Task details - Lines below containing the word "DevSend" should be copied out.

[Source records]
== Segment start ==

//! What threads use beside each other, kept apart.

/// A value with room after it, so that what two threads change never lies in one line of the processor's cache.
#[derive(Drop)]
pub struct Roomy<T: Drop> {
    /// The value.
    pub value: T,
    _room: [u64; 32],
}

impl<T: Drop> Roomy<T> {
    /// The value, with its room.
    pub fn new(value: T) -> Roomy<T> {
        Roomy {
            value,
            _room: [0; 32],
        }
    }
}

== Segment end ==
== Segment start ==

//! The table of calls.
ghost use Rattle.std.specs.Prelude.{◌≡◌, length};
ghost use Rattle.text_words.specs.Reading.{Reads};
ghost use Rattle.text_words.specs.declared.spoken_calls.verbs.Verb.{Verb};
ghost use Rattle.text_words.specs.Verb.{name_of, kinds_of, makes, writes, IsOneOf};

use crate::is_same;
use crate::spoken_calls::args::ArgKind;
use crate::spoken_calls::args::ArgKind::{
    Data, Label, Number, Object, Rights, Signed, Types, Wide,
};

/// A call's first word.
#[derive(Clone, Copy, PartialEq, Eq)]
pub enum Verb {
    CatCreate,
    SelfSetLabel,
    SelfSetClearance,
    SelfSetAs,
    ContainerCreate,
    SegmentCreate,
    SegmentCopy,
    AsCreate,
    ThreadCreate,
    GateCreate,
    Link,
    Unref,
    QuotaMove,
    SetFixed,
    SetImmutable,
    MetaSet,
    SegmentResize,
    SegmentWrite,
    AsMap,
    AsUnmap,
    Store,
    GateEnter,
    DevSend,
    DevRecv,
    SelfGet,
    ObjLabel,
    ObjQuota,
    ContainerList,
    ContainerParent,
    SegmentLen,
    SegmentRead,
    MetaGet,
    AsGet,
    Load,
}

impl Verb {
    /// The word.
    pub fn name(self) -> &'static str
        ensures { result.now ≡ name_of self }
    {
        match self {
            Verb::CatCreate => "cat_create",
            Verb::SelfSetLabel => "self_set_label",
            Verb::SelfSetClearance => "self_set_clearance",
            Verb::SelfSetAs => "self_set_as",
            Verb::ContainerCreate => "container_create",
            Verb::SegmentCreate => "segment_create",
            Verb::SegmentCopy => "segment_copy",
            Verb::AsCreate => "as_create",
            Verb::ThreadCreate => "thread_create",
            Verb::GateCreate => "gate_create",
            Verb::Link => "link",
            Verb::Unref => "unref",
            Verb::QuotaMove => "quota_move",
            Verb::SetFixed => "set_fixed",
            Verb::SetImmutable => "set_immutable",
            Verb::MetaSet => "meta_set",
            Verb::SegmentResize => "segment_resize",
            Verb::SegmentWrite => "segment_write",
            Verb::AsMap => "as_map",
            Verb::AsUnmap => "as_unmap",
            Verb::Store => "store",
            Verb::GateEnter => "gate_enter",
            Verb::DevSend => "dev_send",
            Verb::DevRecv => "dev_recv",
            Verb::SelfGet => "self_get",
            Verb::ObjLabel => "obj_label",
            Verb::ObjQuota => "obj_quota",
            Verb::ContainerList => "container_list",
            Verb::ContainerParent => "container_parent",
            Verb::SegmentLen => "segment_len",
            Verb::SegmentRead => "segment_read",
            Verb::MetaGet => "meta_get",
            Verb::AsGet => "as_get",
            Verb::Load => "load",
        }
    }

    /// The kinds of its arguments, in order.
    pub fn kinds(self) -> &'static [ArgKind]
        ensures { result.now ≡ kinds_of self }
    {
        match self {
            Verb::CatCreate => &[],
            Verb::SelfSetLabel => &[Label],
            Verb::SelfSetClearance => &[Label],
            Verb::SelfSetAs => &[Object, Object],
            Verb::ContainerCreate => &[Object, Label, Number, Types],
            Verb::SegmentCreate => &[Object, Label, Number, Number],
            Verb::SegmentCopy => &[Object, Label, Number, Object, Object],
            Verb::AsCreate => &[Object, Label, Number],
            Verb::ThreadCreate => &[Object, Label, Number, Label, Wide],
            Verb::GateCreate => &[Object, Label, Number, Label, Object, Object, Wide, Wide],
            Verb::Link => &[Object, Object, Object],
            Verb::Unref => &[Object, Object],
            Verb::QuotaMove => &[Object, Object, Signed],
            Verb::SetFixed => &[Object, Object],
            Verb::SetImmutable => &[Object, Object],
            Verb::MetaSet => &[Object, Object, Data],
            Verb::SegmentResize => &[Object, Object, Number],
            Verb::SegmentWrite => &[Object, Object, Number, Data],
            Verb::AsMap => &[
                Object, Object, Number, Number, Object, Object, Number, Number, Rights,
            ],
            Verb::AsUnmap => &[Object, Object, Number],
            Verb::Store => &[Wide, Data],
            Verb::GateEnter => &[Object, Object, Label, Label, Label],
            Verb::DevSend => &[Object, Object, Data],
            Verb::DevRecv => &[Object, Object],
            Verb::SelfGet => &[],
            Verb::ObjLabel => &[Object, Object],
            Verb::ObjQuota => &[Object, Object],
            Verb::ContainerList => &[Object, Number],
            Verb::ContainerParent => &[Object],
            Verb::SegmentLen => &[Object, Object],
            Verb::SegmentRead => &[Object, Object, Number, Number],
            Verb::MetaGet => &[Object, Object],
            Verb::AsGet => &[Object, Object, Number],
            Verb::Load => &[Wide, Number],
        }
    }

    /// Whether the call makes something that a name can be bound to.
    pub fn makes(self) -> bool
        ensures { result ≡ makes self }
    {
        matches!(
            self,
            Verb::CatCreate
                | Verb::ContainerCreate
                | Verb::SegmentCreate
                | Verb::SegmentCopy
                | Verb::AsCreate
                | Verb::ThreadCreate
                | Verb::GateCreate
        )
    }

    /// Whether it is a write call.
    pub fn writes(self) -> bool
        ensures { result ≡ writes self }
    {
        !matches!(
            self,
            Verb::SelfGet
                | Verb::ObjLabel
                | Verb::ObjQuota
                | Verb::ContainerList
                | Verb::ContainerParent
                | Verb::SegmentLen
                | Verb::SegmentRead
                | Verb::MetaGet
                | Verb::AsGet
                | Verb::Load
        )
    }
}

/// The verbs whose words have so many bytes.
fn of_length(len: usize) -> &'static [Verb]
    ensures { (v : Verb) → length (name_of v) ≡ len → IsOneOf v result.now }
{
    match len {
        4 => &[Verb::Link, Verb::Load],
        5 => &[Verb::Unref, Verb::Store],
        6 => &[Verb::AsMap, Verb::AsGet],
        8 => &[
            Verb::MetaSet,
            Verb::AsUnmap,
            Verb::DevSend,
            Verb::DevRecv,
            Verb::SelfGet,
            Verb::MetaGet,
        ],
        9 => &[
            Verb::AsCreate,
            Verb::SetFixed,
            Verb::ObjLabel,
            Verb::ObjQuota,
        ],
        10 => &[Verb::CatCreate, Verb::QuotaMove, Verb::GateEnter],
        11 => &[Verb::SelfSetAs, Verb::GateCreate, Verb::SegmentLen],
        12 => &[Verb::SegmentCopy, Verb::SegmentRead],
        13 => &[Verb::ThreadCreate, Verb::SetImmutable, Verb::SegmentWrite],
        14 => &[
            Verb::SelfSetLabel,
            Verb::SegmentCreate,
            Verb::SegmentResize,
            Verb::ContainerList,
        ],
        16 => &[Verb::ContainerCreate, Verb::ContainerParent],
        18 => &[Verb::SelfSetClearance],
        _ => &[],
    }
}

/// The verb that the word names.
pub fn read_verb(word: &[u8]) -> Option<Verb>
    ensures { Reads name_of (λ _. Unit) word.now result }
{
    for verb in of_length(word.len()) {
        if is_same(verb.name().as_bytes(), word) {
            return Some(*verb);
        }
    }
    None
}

== Segment end ==

Completed exercise -
    DevSend,
            Verb::DevSend => "dev_send",
            Verb::DevSend => &[Object, Object, Data],
            Verb::DevSend,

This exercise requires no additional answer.